Segment Start: DATA RECORDS

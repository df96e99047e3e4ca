//! What the notation means: which definition a name stands for under a scope, what a value denotes under a type, and
//! which value trees a type accepts.
//!
//! It stands on the trees and rewrites nothing: names are looked up, one tree at a time is judged. The definitions
//! stand in specs/, where the layers above cite them; this crate has no code but the laws.
#![tactic(auto)]

mod laws;

pub use laws::{
    accepted_fits, bounds_exact, denoted_fits, denoted_stays, environments_change_tags, heads_stay,
    more_steps, numbers_agree, one_answer, retagged_types_mean_the_same, same_trees_judge_alike,
    shapes_stay, tags_denote_alike, tags_judge_alike, tags_keep_plain_form, tags_lead_alike,
};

Segment End: DATA RECORDS

Extract every line from the one containing "judged. The definitions" through the last line of the data, inclusive, exactly as written.

//! It stands on the trees and rewrites nothing: names are looked up, one tree at a time is judged. The definitions
//! stand in specs/, where the layers above cite them; this crate has no code but the laws.
#![tactic(auto)]

mod laws;

pub use laws::{
    accepted_fits, bounds_exact, denoted_fits, denoted_stays, environments_change_tags, heads_stay,
    more_steps, numbers_agree, one_answer, retagged_types_mean_the_same, same_trees_judge_alike,
    shapes_stay, tags_denote_alike, tags_judge_alike, tags_keep_plain_form, tags_lead_alike,
};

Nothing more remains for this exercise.